For every line in the data below that contains "AllocFailed", copy the line.

---------------

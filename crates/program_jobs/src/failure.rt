//! Why a job has no output.
ghost use Rattle.std.specs.Prelude.{◌≡◌, ◌++◌, OnOk};
ghost use Rattle.std.specs.Io.KnownBytes.{Appends};
ghost use Rattle.program_jobs.specs.declared.failure.Failure.TheVariants as failures;
ghost use Rattle.std.specs.IoError.{error_kind};
ghost use Rattle.program_jobs.specs.Failing.{IsSocketFailure, failure_line, failure_text};
ghost use Rattle.program_jobs.specs.Failing.{status_of};
ghost use Rattle.program_jobs.specs.Failing.{recording_failure, socket_failure};
ghost use Rattle.program_stream.specs.Writing.{AppendsFront};

use itoa::Buffer;
use program_arguments::status;
use program_socket::SocketError;
use program_stream::{write_three, write_whole};
use std::alloc::{AllocError, AllocFailed};
use std::fmt::{self, Display, Formatter};
use std::io::{self, ErrorKind, Write};
use thiserror::Error;
use wl_recording::RecordingError;

/// The second line for a recording that is too long.
const SEE_STREAM: &str = "for a recording of any length, see --stream";

/// Why a job has no output. Standard error gets its text after `waywire: `.
#[derive(Clone, Copy, Debug, PartialEq, Eq, Error)]
pub enum Failure<'a> {
    /// The file of this name cannot be opened, or its reading failed.
    #[error("cannot read {0}")]
    CannotRead(&'a str),
    /// The file has more than 16,777,216 bytes.
    #[error("file too long")]
    TooLong,
    /// So has that of a recording, which may have any length as a stream.
    #[error("file too long\nwaywire: for a recording of any length, see --stream")]
    LongRecording,
    /// This line cannot be in a recording. Lines are counted from 1.
    #[error("line {0}: bad line")]
    BadLine(usize),
    /// This line has none of the forms of a table text. `file` is `None` if the command line names
    /// only the file with this line.
    #[error("tables {}line {line}: bad line", FileName(*file))]
    BadTablesLine {
        file: Option<&'a str>,
        line: usize,
    },
    /// This line of a table text breaks this rule of valid tables.
    #[error("tables {}line {line}: breaks V{rule}", FileName(*file))]
    BreaksRule {
        file: Option<&'a str>,
        line: usize,
        rule: u8,
    },
    /// The output was not taken.
    #[error("cannot write")]
    CannotWrite,
    /// A call of the socket failed, its input ended early, or the two ends connected by it do not
    /// have the same objects.
    #[error("socket failed")]
    SocketFailed,
    /// There is no memory.
    #[error("out of memory")]
    Memory,
}

/// The name of a file, to be written before one of its lines, if it is to be named.
#[derive(Drop)]
struct FileName<'a>(Option<&'a str>);

impl Display for FileName<'_> {
    fn fmt<W: fmt::Write>(&self, f: &mut Formatter<W>) -> fmt::Result {
        match self.0 {
            Some(name) => write!(f, "{name} "),
            None => Ok(()),
        }
    }
}

/// A text in six parts, so that it can be written without allocating. Contracts name its bytes by
/// these parts, because the derived `Display` has no contract.
struct LineParts<'a>(&'a str, &'a str, &'a str, &'a str, &'a str, &'a str);

impl Failure<'_> {
    /// Why a call of the socket failed.
    pub(crate) fn of_socket(error: &io::Error) -> Failure<'static>
        ensures { IsSocketFailure (error_kind error.now) result }
    {
        match error.kind() {
            ErrorKind::OutOfMemory => Failure::Memory,
            _ => Failure::SocketFailed,
        }
    }

    /// The exit status: 4 for lack of memory, else 3.
    fn status(&self) -> u8
        ensures { result ≡ status_of self.now }
    {
        match self {
            Failure::Memory => status::OUT_OF_MEMORY,
            _ => status::FAILURE,
        }
    }

    /// Its text. `line` and `rule` are buffers for numbers.
    fn parts<'b>(&'b self, line: &'b mut Buffer, rule: &'b mut Buffer) -> LineParts<'b>
        ensures { result.0.now ++ (result.1.now ++ (result.2.now ++ (result.3.now
            ++ (result.4.now ++ result.5.now)))) ≡ failure_text self.now }
    {
        match self {
            Failure::CannotRead(name) => LineParts("cannot read ", name, "", "", "", ""),
            Failure::TooLong => LineParts("file too long", "", "", "", "", ""),
            Failure::LongRecording => LineParts(
                "file too long\nwaywire: ",
                SEE_STREAM,
                "",
                "",
                "",
                "",
            ),
            Failure::BadLine(n) => LineParts("line ", line.format(*n), ": bad line", "", "", ""),
            Failure::BadTablesLine { file, line: n } => match file {
                None => LineParts("tables line ", line.format(*n), ": bad line", "", "", ""),
                Some(name) => {
                    LineParts("tables ", name, " line ", line.format(*n), ": bad line", "")
                }
            },
            Failure::BreaksRule {
                file,
                line: n,
                rule: r,
            } => {
                let (n, r) = (line.format(*n), rule.format(*r));
                match file {
                    None => LineParts("tables line ", n, ": breaks V", r, "", ""),
                    Some(name) => LineParts("tables ", name, " line ", n, ": breaks V", r),
                }
            }
            Failure::CannotWrite => LineParts("cannot write", "", "", "", "", ""),
            Failure::SocketFailed => LineParts("socket failed", "", "", "", "", ""),
            Failure::Memory => LineParts("out of memory", "", "", "", "", ""),
        }
    }

    /// Writes the line of this failure to `err`, which is standard error. If that fails, only a
    /// front part of the line was written.
    pub fn write_line<E: Write>(&self, err: &mut E) -> io::Result<()>
        ensures whole { OnOk result
            (Appends (E.contents err.old) (E.contents err.new) (failure_line self.now)) }
        ensures front { AppendsFront (E.contents err.old) (E.contents err.new)
            (failure_line self.now) }
    {
        let mut line = Buffer::new();
        let mut rule = Buffer::new();
        let LineParts(first, second, third, fourth, fifth, sixth) = self.parts(
            &mut line, &mut rule,
        );
        write_whole(err, b"waywire: ")?;
        write_three(err, first, second, third)?;
        write_three(err, fourth, fifth, sixth)?;
        write_whole(err, b"\n")
    }

    /// Writes the failure's line to `err`, and returns the exit status. If `err` fails, nothing
    /// more is written.
    pub fn report<E: Write>(&self, err: &mut E) -> u8
        ensures status { result ≡ status_of self.now }
        ensures said { AppendsFront (E.contents err.old) (E.contents err.new)
            (failure_line self.now) }
    {
        let _ = self.write_line(err);
        self.status()
    }
}

impl From<AllocError> for Failure<'_> {
    ghost from_gives = { λ _ e. e ≡ failures.Memory };

    fn from(_error: AllocError) -> Self {
        Failure::Memory
    }
}

impl<T: Drop> From<AllocFailed<T>> for Failure<'_> {
    ghost from_gives = { λ _ e. e ≡ failures.Memory };

    fn from(_error: AllocFailed<T>) -> Self {
        Failure::Memory
    }
}

impl From<RecordingError> for Failure<'_> {
    ghost from_gives = { λ error e. e ≡ recording_failure error };

    fn from(error: RecordingError) -> Self {
        match error {
            RecordingError::BadLine { line } => Failure::BadLine(line),
            RecordingError::Memory => Failure::Memory,
        }
    }
}

impl From<SocketError> for Failure<'_> {
    ghost from_gives = { λ error e. e ≡ socket_failure error };

    fn from(error: SocketError) -> Self {
        match error {
            SocketError::Failed => Failure::SocketFailed,
            SocketError::Memory => Failure::Memory,
        }
    }
}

---------------

YOUR SOLUTION »
use std::alloc::{AllocError, AllocFailed};
impl<T: Drop> From<AllocFailed<T>> for Failure<'_> {
    fn from(_error: AllocFailed<T>) -> Self {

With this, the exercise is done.